A particular weakness of some of the classification systems is the lack of homogeneous distribution of patients between the different prognostic categories. Indeed, a score that would identify a subgroup with excellent prognosis in a very small number of patients, a situation rarely seen in clinical practice, would have limited impact to aid therapeutic decision making in routine practice. This is one of the pitfalls of the GPA scoring since the class 3.5-4 of better prognosis accounts only for 2.8% of our daily clinical practice population. Finally, an ideal prognostic score should be simple and easily usable in clinical practice. Our analysis at this stage differs from that of Sperduto et al.[2] in so far that we believe that the RPA score is more readily reproducible in practice thanks to a limited number of variables to be collected and fewer prognostic classes.
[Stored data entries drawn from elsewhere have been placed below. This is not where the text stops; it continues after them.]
// The table of types.
ghost use Rattle.std.specs.Prelude.{◌≡◌, ◌≢◌, ◌↔◌, ◌⊎◌, ◌-◌, ◌^◌, [], true, ℕ, IfOk, IsTrue, OnErr, OnOk, length, map, min};
ghost use Rattle.gno_embedding.specs.Embedding.{IsComplete};
ghost use Rattle.gno_promotion.specs.MethodSets.{AreSelected};
ghost use Rattle.gno_promotion.specs.Searches.{promoted_with};
ghost use Rattle.gno_selectors.specs.Selectors.{IsSelection, IsSelectionBelow};
ghost use Rattle.gno_terms.specs.declared.term.DefinitionOf.{DefinitionOf};
ghost use Rattle.gno_terms.specs.declared.term.GoType.{GoType};
ghost use Rattle.gno_terms.specs.declared.term.TypeRef.{TypeRef};
ghost use Rattle.gno_terms.specs.Lawful.{Each, IsLawful, LawfulType};
ghost use Rattle.gno_terms.specs.Normal.{Identical, normal, normal_method};
ghost use Rattle.gno_terms.specs.Tables.{Below, Defines, Grows, Is, IsOfPath, PartsBelow, Underlying, deep, type_at};
ghost use Rattle.gno_terms.specs.Terms.{method_of, term_of, term_with};
ghost use Rattle.gno_type_rows.specs.Holding.{IsComparable, Slots};
ghost use Rattle.gno_type_rows.specs.Keys.{key_of};
ghost use Rattle.gno_type_rows.specs.RowTypes.{IsGood, definition_with, is_defined};

use crate::forgetting::forget;
use crate::keeping::{blank, flag};
use crate::predeclared::error_interface;
use crate::searching::{search_all, search_new, wake};
use gno_base::List;
use gno_promotion::{Promoted, Search};
use gno_selectors::{Selection, find_selected};
use gno_terms::{DefinitionOf, Method, Term, TypeRef, normal_packages, normal_term};
use gno_type_rows::{Key, Rows};
use std::alloc::{AllocError, Global};
use std::marker::Model;

/// The types that were met, by their numbers, and the definitions of defined types. Contracts see a `Table`.
#[derive(Drop)]
pub struct TypeTable {
    rows: Rows,
    // What `error` is.
    error: TypeRef,
    // What a search for the methods of each type found, by its number.
    searches: Vec<Search>,
    // Whether a search waits for the definition of a type, by its number. A flag may be set though none waits any more.
    awaited: Vec<bool>,
}

impl Model for TypeTable {
    ghost use Rattle.gno_terms.specs.contracts.term.GoType as go_type;
    ghost use Rattle.gno_terms.specs.Tables.{Table};
    ghost use Rattle.gno_type_table.specs.Kept.{IsWhole};
    ghost use Rattle.std.specs.Coded.{codes};

    ghost Value = { Table };

    ghost coded = { Prim.hlevel (codes, go_type.the_row.coded) };

    ghost view = { λ it. it.rows };

    ghost invariant = { λ it. IsWhole it.rows it.error it.searches.items it.awaited.items };
}

impl TypeTable {
    /// A table without a definition.
    pub fn new(alloc: Global) -> Result<TypeTable, AllocError>
        ensures { IfOk result (λ it. it.definitions ≡ []) }
    {
        let mut rows = Rows::new(alloc);
        let error = error_interface(alloc, &mut rows)?;
        let mut searches = blank(alloc, rows.len())?;
        let mut awaited = vec![in alloc; false; rows.len()]?;
        search_all(alloc, &rows, error, &mut searches, &mut awaited)?;
        Ok(TypeTable {
            rows,
            error,
            searches,
            awaited,
        })
    }

    /// The number of a type, which is added where it was not met. The term is taken in its normal form. Takes logarithmic time, and
    /// where the type is added also time by the types and members that its embedded fields lead to.
    pub fn intern(&mut self, term: Term) -> Result<TypeRef, AllocError>
        requires below { PartsBelow (length self.old.types) term }
        requires lawful { IsLawful (term_with (type_at self.old.types) term) }
        ensures is { IfOk result (λ t. Is self.new t (normal (deep self.old.types term))) }
        ensures grows { Grows self.old self.new }
        ensures definitions { self.new.definitions ≡ self.old.definitions }
        ensures err { OnErr result (self.new ≡ self.old) }
    {
        let alloc = *self.searches.allocator();
        self.rows.are_good();
        let term = normal_term(alloc, term)?;
        let key = Key::of(alloc, &term)?;
        match self.rows.number(&key) {
            Some(number) => Ok(number),
            None => self.add(key, term),
        }
    }

    // Adds a type that was not met. What may find no memory comes before the first change.
    fn add(&mut self, key: Key, term: Term) -> Result<TypeRef, AllocError>
        requires key { key ≡ key_of term }
        requires below { PartsBelow (length self.old.types) term }
        requires good { IsGood (deep self.old.types term) }
        requires new { (t : TypeRef) → Is self.old t (deep self.old.types term) → ⊥ }
        ensures is { IfOk result (λ t. Is self.new t (deep self.old.types term)) }
        ensures grows { Grows self.old self.new }
        ensures definitions { self.new.definitions ≡ self.old.definitions }
        ensures err { OnErr result (self.new ≡ self.old) }
    {
        let alloc = *self.searches.allocator();
        self.searches.reserve(1)?;
        self.awaited.reserve(1)?;
        let search = search_new(alloc, &self.rows, self.error, &term)?;
        let number = self.rows.push(key, term)?;
        self.rows.have_one_definition();
        flag(&mut self.awaited, &search);
        self.searches.push(search)?;
        self.awaited.push(false)?;
        Ok(number)
    }

    /// Whether the number stands for a type.
    pub fn contains(&self, t: TypeRef) -> bool
        ensures { IsTrue result ↔ Below (length self.now.types) t }
    {
        (t.0 as usize) < self.rows.len()
    }

    /// What a number stands for, by the numbers of its parts. Takes constant time.
    pub fn term(&self, t: TypeRef) -> &Term
        requires { Below (length self.now.types) t }
        ensures is { Is self.now t (deep self.now.types result.now) }
        ensures parts { PartsBelow (length self.now.types) result.now }
    {
        self.rows.term(t)
    }

    /// Each type that stands in a table is lawful and in its normal form. This states a law and does nothing.
    pub fn types_are_lawful(&self)
        ensures lawful { (t : TypeRef) (s : GoType) → Is self.now t s → LawfulType s }
        ensures normal { (t : TypeRef) (s : GoType) → Is self.now t s → normal s ≡ s }
    {
        self.rows.are_good();
    }

    /// Whether two numbers stand for identical types. Go specification, "Type identity". Takes constant time.
    pub fn identical(&self, a: TypeRef, b: TypeRef) -> bool
        ensures { (s u : GoType) → Is self.now a s → Is self.now b u → IsTrue result ↔ Identical s u }
    {
        self.rows.identical(a, b)
    }

    /// No type has two numbers. This states a law and does nothing.
    pub fn have_one_number(&self)
        ensures { (a b : TypeRef) (s : GoType) → Is self.now a s → Is self.now b s → a ≡ b }
    {
        self.rows.have_one_number();
    }

    /// No two declarations define one type. This states a law and does nothing.
    pub fn have_one_definition(&self)
        ensures { (d e : DefinitionOf GoType) → Defines self.now d → Defines self.now e → d.of ≡ e.of → d ≡ e }
    {
        self.rows.have_one_definition();
    }

    /// Notes the underlying type and the methods of a defined type. An `Err` changes no definition. Takes time by the types that
    /// embedded fields lead to from this type, and from each type whose search waits for it; where one waits or has waited also by
    /// the number of all types. Go specification, "Type definitions".
    pub fn define(
        &mut self,
        defined: TypeRef,
        underlying: TypeRef,
        methods: List<Method>,
    ) -> Result<(), AllocError>
        requires of { Below (length self.old.types) defined }
        requires underlying { Below (length self.old.types) underlying }
        requires methods { Each (Below (length self.old.types)) (map method_of methods) }
        requires defined { is_defined (term_of (type_at self.old.types defined)) ≡ true }
        requires new { (d : DefinitionOf GoType) → Defines self.old d → d.of ≢ type_at self.old.types defined }
        ensures types { self.new.types ≡ self.old.types }
        ensures definitions { OnOk result ((d : DefinitionOf GoType) → Defines self.new d ↔ (Defines self.old d
            ⊎ (d ≡ definition_with (type_at self.old.types) (record { of = defined; underlying = underlying; methods = map normal_method methods })))) }
        ensures err { OnErr result ((d : DefinitionOf GoType) → Defines self.new d ↔ Defines self.old d) }
    {
        let alloc = *self.searches.allocator();
        let methods = normal_packages(alloc, methods);
        self.rows.have_one_number();
        self.rows.have_one_definition();
        self.rows.define(DefinitionOf {
            of: defined,
            underlying,
            methods,
        })?;
        self.rows.have_one_definition();
        match wake(
            alloc,
            &self.rows,
            self.error,
            defined,
            &mut self.searches,
            &mut self.awaited,
        ) {
            Ok(()) => Ok(()),
            Err(error) => {
                self.rows.retract(defined);
                forget(alloc, &self.rows, &mut self.searches, &mut self.awaited);
                Err(error)
            }
        }
    }

    /// Takes back the definitions of all types of a package. Takes no memory.
    pub fn undefine(&mut self, path: &[u8])
        ensures types { self.new.types ≡ self.old.types }
        ensures definitions { (d : DefinitionOf GoType) → Defines self.new d ↔ (Defines self.old d × (IsOfPath path.now d.of → ⊥)) }
    {
        let alloc = *self.searches.allocator();
        self.rows.have_one_definition();
        self.rows.undefine(path);
        forget(alloc, &self.rows, &mut self.searches, &mut self.awaited);
    }

    /// Whether a declaration defines the type. Takes constant time.
    pub fn is_defined(&self, t: TypeRef) -> bool
        requires { Below (length self.now.types) t }
        ensures { (s : GoType) → Is self.now t s → IsTrue result ↔ ((d : DefinitionOf GoType) × Defines self.now d × (d.of ≡ s)) }
    {
        self.rows.definition(t).is_some()
    }

    /// The underlying type of a type that is no defined one, or is defined. Go specification, "Underlying types".
    pub fn underlying(&self, t: TypeRef) -> TypeRef
        requires below { Below (length self.now.types) t }
        requires known { (s : GoType) → Is self.now t s → (u : GoType) × Underlying self.now s u }
        ensures { (s : GoType) → Is self.now t s → (u : GoType) × Underlying self.now s u × Is self.now result u }
    {
        match self.rows.term(t) {
            Term::Defined { .. } => match self.rows.definition(t) {
                Some(definition) => definition.underlying,
                None => t,
            },
            Term::Error => self.error,
            _ => t,
        }
    }

    /// Whether values of the type have a number of slots: it holds no type that is not defined, and not itself. Takes constant time.
    pub fn is_sized(&self, t: TypeRef) -> bool
        requires { Below (length self.now.types) t }
        ensures { (s : GoType) → Is self.now t s → IsTrue result ↔ ((n : ℕ) × Slots self.now s n) }
    {
        self.rows.is_sized(t)
    }

    /// How many slots a value of the type has; at most 2^64 - 1 is answered. Takes constant time.
    pub fn slots(&self, t: TypeRef) -> u64
        requires below { Below (length self.now.types) t }
        requires known { (s : GoType) → Is self.now t s → (n : ℕ) × Slots self.now s n }
        ensures { (s : GoType) (n : ℕ) → Is self.now t s → Slots self.now s n → result ≡ min n (2 ^ 64 - 1) }
    {
        self.rows.layout(t).slots
    }

    /// Whether values of the type compare. Go specification, "Comparison operators". Takes constant time.
    pub fn comparable(&self, t: TypeRef) -> bool
        requires below { Below (length self.now.types) t }
        requires known { (s : GoType) → Is self.now t s → (n : ℕ) × Slots self.now s n }
        ensures { (s : GoType) → Is self.now t s → IsTrue result ↔ IsComparable self.now s }
    {
        self.rows.layout(t).comparable
    }

    /// Whether each type is defined to which the embedded fields of the type lead, and the type itself. Takes constant time.
    pub fn is_complete(&self, t: TypeRef) -> bool
        requires { Below (length self.now.types) t }
        ensures { (s : GoType) → Is self.now t s → IsTrue result ↔ IsComplete self.now s }
    {
        let search = &self.searches[t.0 as usize];
        match search {
            Search::Found { .. } => true,
            Search::Blocked(_) => false,
        }
    }

    /// The methods that a type has of itself or by its embedded fields, in byte order, where each type that they lead to is
    /// defined. Takes constant time. Go specification, "Selectors".
    pub fn promoted(&self, t: TypeRef) -> &[Promoted]
        requires below { Below (length self.now.types) t }
        requires complete { (s : GoType) → Is self.now t s → IsComplete self.now s }
        ensures selected { (s : GoType) → Is self.now t s → AreSelected self.now s (map (promoted_with (type_at self.now.types)) result.now) }
        ensures below { Each (λ p. Below (length self.now.types) p.method.of) result.now }
    {
        match &self.searches[t.0 as usize] {
            Search::Found { methods, .. } => methods.as_slice(),
            Search::Blocked(_) => unreachable!(),
        }
    }

    /// What a name selects in a type of which each type is defined that its embedded fields lead to; what a pointer points at is not
    /// looked at. The package is empty where the name is exported, and else the path of the package that asks. Takes time by the number
    /// of the fields and methods of the type, and where none of these has the name by the number of types, fields and methods that its
    /// embedded fields lead to, and its logarithm. Go specification, "Selectors".
    pub fn select(
        &self,
        alloc: Global,
        t: TypeRef,
        name: &[u8],
        package: &[u8],
    ) -> Result<Selection, AllocError>
        requires below { Below (length self.now.types) t }
        requires complete { (s : GoType) → Is self.now t s → IsComplete self.now s }
        ensures selection { IfOk result (λ it. (s : GoType) → Is self.now t s → IsSelection self.now s name.now «package».now it) }
        ensures below { IfOk result (λ it. IsSelectionBelow (length self.now.types) it) }
    {
        find_selected(alloc, &self.rows, self.error, t, name, package)
    }
}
Nevertheless, due to its retrospective nature, our study suffers some limitations. First, in retrospective analysis, it could be difficult to assess controlled versus uncontrolled distant metastases. As this information is required in Breast RPA prognostic index, the retrospective analysis of this factor could have misclassified some patients. Similarly, a retrospective evaluation of KPS appears less reliable than the evaluation of Performance Status using ECOG classification, and could have led to some degrees of misclassification.

Conclusion

The new PIs did not perform better than the original scores. Although tumor subtypes, HER2 expression, and blood parameters (LDH, proteinemia, lymphopenia) may have an interesting additional prognostic value, the RPA appears to be the most appropriate and simplest available tool to help clinicians select breast cancer patients with BM.